*Your assignment*:
In the data below, find every line that has the string "from", and copy it.

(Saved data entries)
//! Strategies in their core forms, with names.
#![tactic(auto, using(crate::proofs::StrategyLemmas::strategy_parts))]

ghost use Rattle.std.specs.Prelude.{◌≡◌, ◌↔◌, IsTrue};
ghost use Rattle.strategy_syntax.specs.StrategyView.{strategy_of};

use crate::names::same_names;
use crate::pattern::same_patterns;
use crate::{Head, Pattern, Place};
use std::marker::Model;
use term_core::Name;

/// A strategy.
#[derive(Drop)]
#[cycle(strategy)]
pub struct Strategy {
    form: StrategyForm,
    // Where it stands in its text. Contracts don't see it.
    place: Place,
}

/// The core forms of a strategy.
#[derive(Drop)]
#[cycle(strategy)]
pub enum StrategyForm {
    /// `id`, which succeeds with the term.
    Id,
    /// `fail`.
    Fail,
    /// `?p`, which matches the term.
    Match(Pattern),
    /// `!p`, which builds a term.
    Build(Pattern),
    /// `s1; s2`.
    Seq(Box<(Strategy, Strategy)>),
    /// `s1 < s2 + s3`: s2 if s1 succeeds, else s3.
    Guard(Box<(Strategy, Strategy, Strategy)>),
    /// `where(s)`, which succeeds with the original term if s succeeds.
    Test(Box<Strategy>),
    /// `{x1,..,xn: s}`: new variables in s.
    Scope(Vec<Name>, Box<Strategy>),
    /// `f(s1,..,sn|p1,..,pm)`: a parameter, a definition or a constructor, by its name.
    Use(Name, Vec<Strategy>, Vec<Pattern>),
    /// A congruence: a strategy for each child.
    Congruence(Head, Vec<Strategy>),
    /// `[s1,..,sn|s]`: a strategy for each of the first elements, and one for the list of the rest.
    TailCongruence(Vec<Strategy>, Box<Strategy>),
    /// `all(s)`.
    All(Box<Strategy>),
    /// `one(s)`.
    One(Box<Strategy>),
    /// `some(s)`.
    Some(Box<Strategy>),
    /// `i(s)`: s on child i, counted from 1.
    Child(usize, Box<Strategy>),
    /// `rec x(s)`: s, in which x stands for the whole strategy.
    Rec(Name, Box<Strategy>),
    /// `prim("n",p1,..,pk)`: the primitive of this quoted name.
    Prim(Name, Vec<Pattern>),
}

impl Model for Strategy {
    ghost use Rattle.strategy_syntax.specs.Syntax.{Strategy};
    ghost use Rattle.strategy_syntax.specs.inside.Codes.{strategy_code};

    ghost Value = { Strategy };

    ghost coded = { strategy_code };

    ghost use Rattle.strategy_syntax.specs.StrategyView.{strategy_of};
    ghost use Rattle.strategy_syntax.specs.inside.StrategyDepth.{depth};

    ghost view = { λ a. strategy_of a.form };

    ghost size = { depth };

    ghost use Rattle.strategy_syntax.specs.inside.StrategyFalls.{depth_le-strategy};

    ghost size_decreases = { λ a h. depth_le-strategy a.form };
}

impl Strategy {
    /// The strategy of this form, which stands in no text.
    pub fn new(form: StrategyForm) -> Strategy
        ensures { result ≡ strategy_of form }
    {
        Strategy {
            form,
            place: Place::nowhere(),
        }
    }

    /// The same strategy, at this place of its text.
    pub fn at(self, place: Place) -> Strategy
        ensures { result ≡ self }
    {
        Strategy { place, ..self }
    }

    /// Where it stands in its text. A form without tokens of its own stands where the part stands
    /// that it was made from: `?l` and `!r` of a rule `l -> r` where `l` and `r` do.
    pub fn place(&self) -> Place {
        self.place
    }

    /// Where the name of this index stands that the strategy binds, counted from 0: `x` of
    /// `rec x(s)`, and each name of `{x1,..,xn: s}`. The variables of a rule or a closure have no
    /// such place.
    pub fn binder_place(&self, index: usize) -> Place {
        match &self.form {
            StrategyForm::Rec(_, _) if index == 0 => self.place.token(1),
            StrategyForm::Scope(names, part) if index < names.len() => {
                // `{`, and each name with a comma or a colon after it
                let before = names.len().saturating_mul(2).saturating_add(1);
                if part.place.begun(before).to(self.place) != self.place {
                    return Place::nowhere();
                }
                self.place.token(index.saturating_mul(2).saturating_add(1))
            }
            _ => Place::nowhere(),
        }
    }

    pub fn form(&self) -> &StrategyForm
        ensures { self.now ≡ strategy_of result.now }
    {
        &self.form
    }

    /// The form of the strategy, consuming it.
    pub fn into_form(self) -> StrategyForm
        ensures { self ≡ strategy_of result }
    {
        self.form
    }

    /// Whether the two strategies are equal.
    #[cycle(same_strategy)]
    pub fn equals(&self, other: &Strategy) -> bool
        ensures { IsTrue result ↔ (self.now ≡ other.now) }
    {
        match &self.form {
            StrategyForm::Id => matches!(&other.form, StrategyForm::Id),
            StrategyForm::Fail => matches!(&other.form, StrategyForm::Fail),
            StrategyForm::Match(p) => match &other.form {
                StrategyForm::Match(q) => p.equals(q),
                _ => false,
            },
            StrategyForm::Build(p) => match &other.form {
                StrategyForm::Build(q) => p.equals(q),
                _ => false,
            },
            StrategyForm::Seq(a) => match &other.form {
                StrategyForm::Seq(b) => a.0.equals(&b.0) && a.1.equals(&b.1),
                _ => false,
            },
            StrategyForm::Guard(a) => match &other.form {
                StrategyForm::Guard(b) => {
                    a.0.equals(&b.0) && a.1.equals(&b.1) && a.2.equals(&b.2)
                },
                _ => false,
            },
            StrategyForm::Test(s) => match &other.form {
                StrategyForm::Test(t) => s.equals(t),
                _ => false,
            },
            StrategyForm::Scope(xs, s) => match &other.form {
                StrategyForm::Scope(ys, t) => same_names(xs, ys) && s.equals(t),
                _ => false,
            },
            StrategyForm::Use(f, ss, ps) => match &other.form {
                StrategyForm::Use(g, ts, qs) => {
                    f.equals(g) && same_strategies(ss, ts) && same_patterns(ps, qs)
                },
                _ => false,
            },
            StrategyForm::Congruence(h, ss) => match &other.form {
                StrategyForm::Congruence(k, ts) => h.equals(k) && same_strategies(ss, ts),
                _ => false,
            },
            StrategyForm::TailCongruence(ss, s) => match &other.form {
                StrategyForm::TailCongruence(ts, t) => same_strategies(ss, ts) && s.equals(t),
                _ => false,
            },
            StrategyForm::All(s) => match &other.form {
                StrategyForm::All(t) => s.equals(t),
                _ => false,
            },
            StrategyForm::One(s) => match &other.form {
                StrategyForm::One(t) => s.equals(t),
                _ => false,
            },
            StrategyForm::Some(s) => match &other.form {
                StrategyForm::Some(t) => s.equals(t),
                _ => false,
            },
            StrategyForm::Child(i, s) => match &other.form {
                StrategyForm::Child(j, t) => *i == *j && s.equals(t),
                _ => false,
            },
            StrategyForm::Rec(x, s) => match &other.form {
                StrategyForm::Rec(y, t) => x.equals(y) && s.equals(t),
                _ => false,
            },
            StrategyForm::Prim(n, ps) => match &other.form {
                StrategyForm::Prim(m, qs) => n.equals(m) && same_patterns(ps, qs),
                _ => false,
            },
        }
    }
}

#[cycle(same_strategy)]
fn same_strategies(strategies: &[Strategy], others: &[Strategy]) -> bool
    ensures { IsTrue result ↔ (strategies.now ≡ others.now) }
{
    if strategies.len() != others.len() {
        return false;
    }
    for (strategy, other) in strategies.iter().zip(others) {
        if !strategy.equals(other) {
            return false;
        }
    }
    true
}
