//! The root of a compound pattern or a congruence.

ghost use Rattle.std.specs.Prelude.{◌≡◌, ◌↔◌, IfOk, IsTrue, Some};
ghost use Rattle.strategy_syntax.specs.Heads.{head_of, head_at};

use term_core::{Kind, Name, NoMemory};

/// What a compound pattern or a congruence matches at the root.
#[derive(Drop)]
pub enum Head {
    /// An application of the name. A quoted name has no parts.
    Application(Name),
    /// A list.
    List,
    /// A tuple.
    Tuple,
}

impl Head {
    /// Whether a term of this kind has this head. An integer has none.
    #[inline(always)]
    pub fn is_head_of(&self, kind: Kind<'_>) -> bool
        ensures { IsTrue result ↔ (head_at kind.entry ≡ Some (head_of self.now)) }
    {
        match (self, kind) {
            (Head::Application(name), Kind::Application(same)) => name.equals(same),
            (Head::List, Kind::List) => true,
            (Head::Tuple, Kind::Tuple) => true,
            _ => false,
        }
    }

    /// Whether the two heads are equal.
    pub fn equals(&self, other: &Head) -> bool
        ensures { IsTrue result ↔ (self.now ≡ other.now) }
    {
        match (self, other) {
            (Head::Application(name), Head::Application(same)) => name.equals(same),
            (Head::List, Head::List) => true,
            (Head::Tuple, Head::Tuple) => true,
            _ => false,
        }
    }

    /// An equal head.
    pub fn try_clone(&self) -> Result<Head, NoMemory>
        ensures { IfOk result (λ head. head ≡ self.now) }
    {
        match self {
            Head::Application(name) => Ok(Head::Application(name.try_clone()?)),
            Head::List => Ok(Head::List),
            Head::Tuple => Ok(Head::Tuple),
        }
    }
}
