//! Patterns, with names for variables.
#![tactic(auto, using(crate::proofs::PatternLemmas::pattern_parts))]

ghost use Rattle.std.specs.Prelude.{◌≡◌, ◌↔◌, IsTrue};
ghost use Rattle.strategy_syntax.specs.PatternView.{pattern_of};

use crate::{Head, Place};
use std::marker::Model;
use term_core::Name;

/// A pattern.
#[derive(Drop)]
#[cycle(pattern)]
pub struct Pattern {
    form: PatternForm,
    // Where it stands in its text. Contracts don't see it.
    place: Place,
}

/// The forms of a pattern.
#[derive(Drop)]
#[cycle(pattern)]
pub enum PatternForm {
    /// `_`, which matches any term.
    Wildcard,
    /// A variable.
    Variable(Name),
    /// `x@p`: the variable x, for the term that p matches.
    At(Name, Box<Pattern>),
    /// An integer.
    Integer(i64),
    /// An application, a string, a list or a tuple. A string is its quoted name over no patterns.
    Compound(Head, Vec<Pattern>),
    /// `[p1,..,pn|p]`: the first elements of a list, and the list of the rest.
    WithTail(Vec<Pattern>, Box<Pattern>),
    /// `p{q1,..,qm}`: a pattern, and one for each annotation.
    Annotated(Box<Pattern>, Vec<Pattern>),
}

impl Model for Pattern {
    ghost use Rattle.strategy_syntax.specs.Syntax.{Pattern};
    ghost use Rattle.strategy_syntax.specs.inside.Codes.{pattern_code};

    ghost Value = { Pattern };

    ghost coded = { pattern_code };

    ghost use Rattle.strategy_syntax.specs.PatternView.{pattern_of};
    ghost use Rattle.strategy_syntax.specs.inside.PatternDepth.{pattern_depth};

    ghost view = { λ a. pattern_of a.form };

    ghost size = { pattern_depth };

    ghost use Rattle.strategy_syntax.specs.inside.PatternFalls.{depth_le-pattern};

    ghost size_decreases = { λ a h. depth_le-pattern a.form };
}

impl Pattern {
    /// The pattern of this form, which stands in no text.
    pub fn new(form: PatternForm) -> Pattern
        ensures { result ≡ pattern_of form }
    {
        Pattern {
            form,
            place: Place::nowhere(),
        }
    }

    /// The same pattern, at this place of its text.
    pub fn at(self, place: Place) -> Pattern
        ensures { result ≡ self }
    {
        Pattern { place, ..self }
    }

    /// Where it stands in its text.
    pub fn place(&self) -> Place {
        self.place
    }

    pub fn form(&self) -> &PatternForm
        ensures { self.now ≡ pattern_of result.now }
    {
        &self.form
    }

    /// Whether the two patterns are equal.
    #[cycle(same_pattern)]
    pub fn equals(&self, other: &Pattern) -> bool
        ensures { IsTrue result ↔ (self.now ≡ other.now) }
    {
        match (&self.form, &other.form) {
            (PatternForm::Wildcard, PatternForm::Wildcard) => true,
            (PatternForm::Variable(x), PatternForm::Variable(y)) => x.equals(y),
            (PatternForm::At(x, p), PatternForm::At(y, q)) => x.equals(y) && p.equals(q),
            (PatternForm::Integer(a), PatternForm::Integer(b)) => *a == *b,
            (PatternForm::Compound(h, ps), PatternForm::Compound(k, qs)) => {
                h.equals(k) && same_patterns(ps, qs)
            }
            (PatternForm::WithTail(ps, p), PatternForm::WithTail(qs, q)) => {
                same_patterns(ps, qs) && p.equals(q)
            }
            (PatternForm::Annotated(p, ps), PatternForm::Annotated(q, qs)) => {
                p.equals(q) && same_patterns(ps, qs)
            }
            _ => false,
        }
    }
}

/// Whether the two lists of patterns are equal.
#[cycle(same_pattern)]
pub fn same_patterns(patterns: &[Pattern], others: &[Pattern]) -> bool
    ensures { IsTrue result ↔ (patterns.now ≡ others.now) }
{
    if patterns.len() != others.len() {
        return false;
    }
    for (pattern, other) in patterns.iter().zip(others) {
        if !pattern.equals(other) {
            return false;
        }
    }
    true
}
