//! Resolved patterns: patterns with numbers for variables.

ghost use Rattle.std.specs.Prelude.{◌≡◌};
ghost use Rattle.strategy_syntax.specs.ResolvedPatternView.{resolved_pattern_of};

use crate::Head;
use std::marker::Model;

/// A resolved pattern. A variable is the number of its binder among the enclosing binders of
/// variables, counted from the outermost of its definition or strategy.
#[derive(Drop)]
#[cycle(resolved_pattern)]
pub struct ResolvedPattern {
    form: ResolvedPatternForm,
}

/// The forms of a resolved pattern; they are those of a pattern.
#[derive(Drop)]
#[cycle(resolved_pattern)]
pub enum ResolvedPatternForm {
    /// `_`, which matches any term.
    Wildcard,
    /// A variable.
    Variable(usize),
    /// `x@p`: the variable x, for the term that p matches.
    At(usize, Box<ResolvedPattern>),
    /// An integer.
    Integer(i64),
    /// An application, a string, a list or a tuple. A string is its quoted name over no patterns.
    Compound(Head, Vec<ResolvedPattern>),
    /// `[p1,..,pn|p]`: the first elements of a list, and the list of the rest.
    WithTail(Vec<ResolvedPattern>, Box<ResolvedPattern>),
    /// `p{q1,..,qm}`: a pattern, and one for each annotation.
    Annotated(Box<ResolvedPattern>, Vec<ResolvedPattern>),
}

impl Model for ResolvedPattern {
    ghost use Rattle.strategy_syntax.specs.Resolved.{ResolvedPattern};
    ghost use Rattle.strategy_syntax.specs.inside.ResolvedCodes.{resolved_pattern_code};

    ghost Value = { ResolvedPattern };

    ghost coded = { resolved_pattern_code };

    ghost use Rattle.strategy_syntax.specs.ResolvedPatternView.{resolved_pattern_of};
    ghost use Rattle.strategy_syntax.specs.inside.ResolvedPatternDepth.{resolved_pattern_depth};

    ghost view = { λ a. resolved_pattern_of a.form };

    ghost size = { resolved_pattern_depth };

    ghost use Rattle.strategy_syntax.specs.inside.ResolvedPatternFalls.{depth_le-resolved_pattern};

    ghost size_decreases = { λ a h. depth_le-resolved_pattern a.form };
}

impl ResolvedPattern {
    /// The resolved pattern of this form.
    pub fn new(form: ResolvedPatternForm) -> ResolvedPattern
        ensures { result ≡ resolved_pattern_of form }
    {
        ResolvedPattern { form }
    }

    pub fn form(&self) -> &ResolvedPatternForm
        ensures { self.now ≡ resolved_pattern_of result.now }
    {
        &self.form
    }
}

*Expected output*:
    /// `i(s)`: s on child i, counted from 1.
    /// that it was made from: `?l` and `!r` of a rule `l -> r` where `l` and `r` do.
    /// Where the name of this index stands that the strategy binds, counted from 0: `x` of
/// variables, counted from the outermost of its definition or strategy.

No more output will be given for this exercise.